ハニーローズ  ~ 『予知夢』から始まった未来変革 ~

悠月 星花

文字の大きさ
上 下
732 / 1,511

私たちの行動の先に

しおりを挟む
 町医者の助手と薬を乗せた荷馬車を地方へと見送る。診療所へ戻り、忙しくしているみなを横目に、特に何かをするわけでもなく歩き回る。


「姫さん、邪魔だから端にどいて!」


 大量のタオルを持って歩いているウィルに叱られ、壁際へ寄った。いつの間にか、手伝いをしているウィルの後ろ姿を見ながら、私は私の行くべきところへ移動することにした。


「どこに向かわれるのですか?」
「キースもお手伝いしてくれているんじゃないの?」
「そうですけど、俺がしないといけないことは、アンナリーゼ様の護衛なんで……」
「まぁ、そうだけど……こんなところで、誰も襲ってこないわよ!」
「そうかもしれませんが、外へ向かうなら、連れて行ってください」
「それもこれも、引き抜きしてもらおう大作戦のひとつ?」
「違いますけどね?ただ、一人で出歩く公爵なんて聞いたことがないので……恰好だけでも護衛がいますよ!って見えていたほうが、襲う方にも心構えができるでしょ?」
「一人だと簡単そうだから、なめられるってことかしら?」
「まぁ、そうですね……それで、痛い目にあったら、なんとなく、襲ったほうが可哀想じゃないですか?」


 理不尽な言い訳に、むっとしながら、ついてくるなら勝手にしてと歩き始めた。行先は、だいたい歩いていけば、わかるだろう。領主の屋敷へ向かう。道に溢れかえっていた患者は、1週間前より少なくなった。
 受け入れ先として、町医者の診療所が機能しているおかげで、なんとか、病人を町中でフラフラと歩かせておくこともなくなったのだ。


「それにしても、減りましたね。このへんの人」
「なんとか、受け入れ先が見つかったり、自宅で待機だったとしても、診察に回れる余裕が出来たからね」
「確かに。受け入れ先がないと、なかなか、町を歩く人が減りませんでしたからね。あと、大きいのは、やはり町医者が手を貸してくれていることですね……これ程だとは、おもいませんでしたが、やはり、アンナリーゼ様の考えは、素晴らしいです」
「私の考えなんて、素晴らしくもなんともないわよ?爵位があるからいうことを聞いてくれるのだし、お金を払うから動いてくれるのだもの。人の使い方と言えば、少し言葉が悪いのかもしれないけど……そういうのが、公は下手よね。信頼できる部下がまだいないのがダメなのかもしれないけど……これくらいのことなら、ちょっと機転の利く人がいればできると思うんだけどな……領主や貴族を取り締まる人がいないから、現場がこんなに混乱しているし、感染者が出歩いているから、いつまでたっても減らないのよね……」


 ため息をついても仕方がないので、その代わり領主の屋敷へ向かい、門兵を睨めば通してくれた。


「領主はいますか?」


 屋敷へ入ると、執事が対応してくれる。不躾な訪問でも、文句言わないのはさすがだが、もう少し顔に出ているものをなんとかしてほしい。


「旦那様は臥せっており、代わりに奥さまが……」
「えぇ、構わないわ!たいした用事じゃないから」


 客間へと言われたが、わざわざ部屋まで行くのも面倒だな……と思い、ニコッと笑って、夫人を玄関まで呼び寄せた。未だかつていたのだろうか?玄関で話を済ませて帰るなんて……唐突にやってきた招かれざる客だとしても、公爵を玄関で帰したとなれば、貴族の名折れだろう。
 そこまで、この執事は気にしていないようだし、夫人も私がいうならというふうであった。
 本来は、それでも、客間へ通してきちんとしたおもてなしをしないといけないの上位者への常識なのだが……こんなものだろうと私は興味もない。

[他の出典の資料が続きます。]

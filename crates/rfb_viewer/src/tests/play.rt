//! A viewer played step by step: what it is fed or asked, and what it then has to report or show.

use super::*;
use crate::{CallFault, Move, ViewerFault};
use rfb_picture::Rect;

// SetPixelFormat of rgb888, and SetEncodings of Raw alone.
const AT_READY: [u8; 28] = [
    0x00, 0, 0, 0, 0x20, 0x18, 0, 1, 0, 0xFF, 0, 0xFF, 0, 0xFF, 0x10, 0x08, 0, 0, 0, 0, //
    0x02, 0, 0, 1, 0, 0, 0, 0,
];

/// The event that bytes give.
#[derive(Clone, Copy)]
pub enum Told<'a> {
    Nothing,
    UpdateDone,
    Bell,
    ColourMapSkipped,
    /// A text: what is kept of it, and its length.
    Text(&'a [u8], u32),
    /// Bytes that are answered.
    Reply(&'a [u8]),
    /// The viewer is ready: the screen's size, its name, and the name's length.
    Ready(u16, u16, &'a [u8], u32),
}

/// What a viewer is fed or asked, or what holds of it. A step that goes another way is wrong.
#[derive(Clone, Copy)]
pub enum Step<'a> {
    /// It takes that number of these bytes, with that event.
    Feed(&'a [u8], usize, Told<'a>),
    /// These bytes end in that fault.
    Fail(&'a [u8], ViewerFault),
    /// It takes all of these bytes but the last, without an event. That one ends in that fault, and
    /// so does all that comes then, also when it is fed nothing.
    Break(&'a [u8], ViewerFault),
    /// It takes each byte by itself, and after each that number of bytes is pending.
    Keep(&'a [u8], &'a [usize]),
    /// It takes each byte by itself, without an event, and shows one row of these colours after it.
    Still(&'a [u8], &'a [Colour]),
    /// It takes each byte by itself, without an event, and is inside a message after it. Another
    /// format is then refused so, or set.
    Inside(&'a [u8], Option<CallFault>),
    /// The same, where a format and a request for that area are refused as busy.
    Busy(&'a [u8], Rect),
    /// A request for all of an area is refused so, or sent.
    Ask(Rect, Option<CallFault>),
    /// Another format is refused so, or set.
    SetFormat(Option<CallFault>),
    /// These bytes are to be sent for a call.
    Send(Call<'a>, &'a [u8]),
    /// It shows one row of these colours.
    Shows(&'a [Colour]),
    /// Whether it has no picture.
    Blank(bool),
    Pending(usize),
    /// Whether no message has begun.
    Between(bool),
    /// What is kept of the reason for a refusal.
    Reason(&'a [u8]),
    /// What changed since this was asked last.
    Changed(Option<Rect>),
    /// The copies since this was asked last.
    Moved(&'a [Move]),
}

/// A call that is a message.
#[derive(Clone, Copy)]
pub enum Call<'a> {
    Key(bool, u32),
    Pointer(u8, u16, u16),
    List(&'a [Encoding]),
    SetRgb565,
    SetBgr233,
    Request(bool, Rect),
}

fn is_event(event: &Option<ViewerEvent>, told: Told<'_>) -> bool {
    match (event, told) {
        (None, Told::Nothing) => true,
        (Some(ViewerEvent::UpdateDone), Told::UpdateDone) => true,
        (Some(ViewerEvent::Bell), Told::Bell) => true,
        (Some(ViewerEvent::ColourMapSkipped), Told::ColourMapSkipped) => true,
        (Some(ViewerEvent::CutText { kept, length }), Told::Text(text, told)) => {
            kept.as_slice() == text && *length == told
        }
        (Some(ViewerEvent::Reply(reply)), Told::Reply(wanted)) => reply.as_slice() == wanted,
        (Some(event), Told::Ready(width, height, name, length)) => {
            is_ready(event, (width, height), name, length)
        }
        _ => false,
    }
}

fn is_ready(event: &ViewerEvent, size: (u16, u16), wanted: &[u8], length: u32) -> bool {
    match event {
        ViewerEvent::Ready {
            reply,
            width,
            height,
            name,
            name_length,
        } => {
            reply.as_slice() == AT_READY.as_slice()
                && (*width, *height) == size
                && name.as_slice() == wanted
                && *name_length == length
        }
        _ => false,
    }
}

/// Whether it takes `wanted` of the bytes, with that event.
pub fn tells(viewer: &mut Viewer, bytes: &[u8], wanted: usize, told: Told<'_>) -> bool {
    match viewer.feed(bytes) {
        Ok(Fed { used, event }) => used == wanted && is_event(&event, told),
        Err(_) => false,
    }
}

/// The fault that bytes end in.
pub fn fault_at(viewer: &mut Viewer, bytes: &[u8]) -> Option<ViewerFault> {
    viewer.feed(bytes).err()
}

// Whether bytes end in that fault.
fn fails(viewer: &mut Viewer, bytes: &[u8], wanted: ViewerFault) -> bool {
    fault_at(viewer, bytes) == Some(wanted)
}

// Whether all bytes but the last are taken, and that one ends in that fault for good.
fn breaks(viewer: &mut Viewer, bytes: &[u8], wanted: ViewerFault) -> bool {
    let (front, back) = bytes.split_at(bytes.len().saturating_sub(1));
    tells(viewer, front, front.len(), Told::Nothing)
        && fails(viewer, back, wanted)
        && fails(viewer, b"\0", wanted)
        && fails(viewer, b"", wanted)
}

// Whether each byte of a stream is taken, and after it as many are pending as are wanted.
fn keeps(viewer: &mut Viewer, stream: &[u8], wanted: &[usize]) -> bool {
    let mut good = stream.len() == wanted.len();
    for (byte, pending) in stream.chunks(1).zip(wanted) {
        good &= fault_at(viewer, byte).is_none() && viewer.pending() == *pending;
    }
    good
}

// Whether each byte of a stream is taken, and after it such a row is shown.
fn stays(viewer: &mut Viewer, stream: &[u8], row: &[Colour]) -> bool {
    let mut good = true;
    for byte in stream.chunks(1) {
        good &= tells(viewer, byte, 1, Told::Nothing) && shows_row(viewer, row);
    }
    good
}

// Whether each byte of a stream is taken, and after it a format is refused so, or set.
fn is_inside(viewer: &mut Viewer, stream: &[u8], wanted: Option<CallFault>) -> bool {
    let mut good = true;
    for byte in stream.chunks(1) {
        good &= tells(viewer, byte, 1, Told::Nothing)
            && !viewer.between()
            && format_fault(viewer) == wanted;
    }
    good
}

// Whether each byte of a stream is taken, and after it a request and a format are refused.
fn is_busy(viewer: &mut Viewer, stream: &[u8], rect: Rect) -> bool {
    let mut good = true;
    for byte in stream.chunks(1) {
        good &= tells(viewer, byte, 1, Told::Nothing)
            && request_fault(viewer, rect) == Some(CallFault::Busy)
            && format_fault(viewer) == Some(CallFault::Busy);
    }
    good
}

/// How a request for an area is refused, if it is.
pub fn request_fault(viewer: &mut Viewer, rect: Rect) -> Option<CallFault> {
    viewer.request(true, rect).err()
}

/// How a format is refused, if it is.
pub fn format_fault(viewer: &mut Viewer) -> Option<CallFault> {
    viewer.set_format(Format::bgr233()).err()
}

/// Whether it shows one row of these colours.
pub fn shows_row(viewer: &Viewer, wanted: &[Colour]) -> bool {
    match viewer.picture() {
        Some(picture) => picture.height() == 1 && row_of(viewer, 0) == wanted,
        None => false,
    }
}

// Whether a call answers these bytes.
fn is_sent<const SIZE: usize>(answer: Result<[u8; SIZE], CallFault>, wanted: &[u8]) -> bool {
    match answer {
        Ok(bytes) => bytes.as_slice() == wanted,
        Err(_) => false,
    }
}

fn sends_list(viewer: &mut Viewer, list: &[Encoding], wanted: &[u8]) -> bool {
    let mut listed = ArrayVec::new();
    let fits = listed.try_extend_from_slice(list).is_ok();
    match viewer.set_encodings(listed) {
        Ok(bytes) => fits && bytes.as_slice() == wanted,
        Err(_) => false,
    }
}

// Whether these bytes are to be sent for a call.
fn sends(viewer: &mut Viewer, call: Call<'_>, wanted: &[u8]) -> bool {
    match call {
        Call::Key(down, key) => is_sent(viewer.key(down, key), wanted),
        Call::Pointer(buttons, x, y) => is_sent(viewer.pointer(buttons, x, y), wanted),
        Call::List(list) => sends_list(viewer, list, wanted),
        Call::SetRgb565 => is_sent(viewer.set_format(Format::rgb565()), wanted),
        Call::SetBgr233 => is_sent(viewer.set_format(Format::bgr233()), wanted),
        Call::Request(again, rect) => is_sent(viewer.request(again, rect), wanted),
    }
}

// Whether that holds of it.
fn holds(viewer: &Viewer, step: &Step<'_>) -> bool {
    match *step {
        Step::Shows(row) => shows_row(viewer, row),
        Step::Blank(blank) => viewer.picture().is_none() == blank,
        Step::Pending(count) => viewer.pending() == count,
        Step::Between(between) => viewer.between() == between,
        Step::Reason(reason) => viewer.reason() == reason,
        _ => false,
    }
}

// Whether a call goes so.
fn is_answered(viewer: &mut Viewer, step: &Step<'_>) -> bool {
    match *step {
        Step::Ask(rect, fault) => request_fault(viewer, rect) == fault,
        Step::SetFormat(fault) => format_fault(viewer) == fault,
        Step::Send(call, bytes) => sends(viewer, call, bytes),
        Step::Changed(wanted) => viewer.damage() == wanted,
        Step::Moved(wanted) => viewer.moved().as_slice() == wanted,
        _ => holds(viewer, step),
    }
}

// Whether a step goes as it should.
fn is_right(viewer: &mut Viewer, step: &Step<'_>) -> bool {
    match *step {
        Step::Feed(bytes, used, told) => tells(viewer, bytes, used, told),
        Step::Fail(bytes, fault) => fails(viewer, bytes, fault),
        Step::Break(bytes, fault) => breaks(viewer, bytes, fault),
        Step::Keep(bytes, pending) => keeps(viewer, bytes, pending),
        Step::Still(bytes, row) => stays(viewer, bytes, row),
        Step::Inside(bytes, fault) => is_inside(viewer, bytes, fault),
        Step::Busy(bytes, rect) => is_busy(viewer, bytes, rect),
        _ => is_answered(viewer, step),
    }
}

/// Whether all steps go as they should.
pub fn are_right(viewer: &mut Viewer, steps: &[Step<'_>]) -> bool {
    let mut good = true;
    for step in steps {
        good &= is_right(viewer, step);
    }
    good
}

/// The same of a new viewer that goes up to that version.
pub fn greets(alloc: Global, limit: Version, steps: &[Step<'_>]) -> bool {
    let mut viewer = viewer(alloc, Format::rgb888(), limit);
    are_right(&mut viewer, steps)
}

/// The number of the first list of steps that goes wrong, each with a new viewer, if one does.
pub fn first_wrong_greeting(alloc: Global, lists: &[&[Step<'_>]]) -> Option<usize> {
    for at in 0..lists.len() {
        if !greets(alloc, Version::V38, lists[at]) {
            return Some(at);
        }
    }
    None
}

// Whether all steps go as they should of a viewer after such a handshake.
fn plays(alloc: Global, format: Format, hello: &[u8], steps: &[Step<'_>]) -> bool {
    let mut viewer = ready(alloc, format, hello);
    are_right(&mut viewer, steps)
}

/// The same with pixels of 32 bits.
pub fn plays_at_rgb888(alloc: Global, hello: &[u8], steps: &[Step<'_>]) -> bool {
    plays(alloc, Format::rgb888(), hello, steps)
}

/// The same with pixels of 8 bits.
pub fn plays_at_bgr233(alloc: Global, hello: &[u8], steps: &[Step<'_>]) -> bool {
    plays(alloc, Format::bgr233(), hello, steps)
}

「あの、それで、どのようなお話でしょうか?夫が臥せっており、看病が必要でして……」
「そう。それは、大変よね。先日も来たとき、臥せっていたようだけど……まだ、治っていないのね?薬は、大量に使っていたようだけど!」
「それは……領主ですから、必要な処置として……」
「領主自らがお金を出して買ったものなら、別にどのようにしてもらっても構わないし、医師も好きにしてくれていいわ!」
「ありがとう存じます。私も夫もおかげで、もうすぐ完治するのではないかと、医師が申しておりますゆえ」
「そう。よかったわね。私が今日来たのは、お金の話をしに来たの!」
「……お金ですか?何かあるのでしょうか?」


 何のことかしら?と執事を見る夫人に、ニッコリ笑いかけた。


「公がこの領地の分として配布した薬についてですわ!先日、お返しいただきましたが、領主が勝手に持ち出した分については、実費となっていますので、請求書をお持ちしましたわ!あの薬。用法用量を守れば、3日程度で完治するのに対して、どれほどの人数を治療したのかわかりませんが、半分近くなくなっていましたの。公へ1週間以内にお支払いください。医師については、こちらへ派遣するときに、前金として渡した給金の返納を言い渡します。領主権限で、医師を囲ったのであれば、そちらの支払いもしてあげてください。生活苦で死なれて困りますから!」


 さらに笑顔を深めてやる。請求書を開いている夫人は、青ざめたと思ったら、泡を吹いて倒れてしまった。
 それも、そうだろう。この領地の3年分の金額が書かれているのだ。支払いは難しいだろう。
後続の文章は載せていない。